Hiro Muramoto, a 43-year-old Japanese national, was shot in the chest and arrived at Klang Hospital without a pulse, hospital Director Dr Pichaya Nakwatchara said.

Muramoto, who had worked for Reuters in Tokyo for more than 15 years, was married with two children.

"I am dreadfully saddened to have lost our colleague Hiro Muramoto in the Bangkok clashes," said Reuters Editor-in-Chief David Schlesinger.

"Journalism can be a terribly dangerous profession as those who try to tell the world the story thrust themselves in the center of the action. The entire Reuters family will mourn this tragedy."

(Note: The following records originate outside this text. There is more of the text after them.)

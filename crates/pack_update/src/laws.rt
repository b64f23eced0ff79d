//! The law of files of a publication, over definitions alone. There is nothing to do when it runs.

ghost use Rattle.std.specs.List.{Contains};
ghost use Rattle.std.specs.Prelude.{◌≡◌, ◌↔◌, ℕ, List, [], ◌∷◌, Some};
ghost use Rattle.osm_keys.specs.Publications.{IsNodeIn, Publication, root_of};
ghost use Rattle.node_pack.specs.Packs.{IsPack, Kept, place_in};
ghost use Rattle.node_pack.specs.declared.place.Place.{Place};
ghost use Rattle.pack_update.specs.Files.{AreFilesOf};

use pack_files::first_law;

/// The law of the first file: a pack with just the nodes of a publication has them, and the manifest where its header says.
pub fn files_law()
    ensures { (p : Publication) (file : List ℕ) (nodes : List Kept) (manifest : Place)
        → IsPack file (root_of p) nodes
        → ((bytes : List ℕ)
        → ((kept : Kept) × Contains nodes kept × (kept.bytes ≡ bytes)) ↔ IsNodeIn p bytes)
        → place_in nodes (root_of p) ≡ Some manifest
        → AreFilesOf (file ∷ []) p manifest }
{
    first_law();
}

Muramoto had been covering fighting between troops and protesters in the Rajdumnoen Road area where soldiers opened fire with rubber bullets and tear gas, as well as live rounds into the air, in Bangkok's worst political violence in 18 years.

The hospital director said the bullet had exited his back. He did not know what kind of bullet it was.

An army spokesman said protesters were armed with guns and had been throwing petrol bombs and grenades at troops.

Twelve people, including three soldiers, were killed and more than 500 people wounded in the fighting near the Phan Fah bridge and Rajdumnoen Road in Bangkok's old quarter, a protest base near government buildings and the regional U.N. headquarters.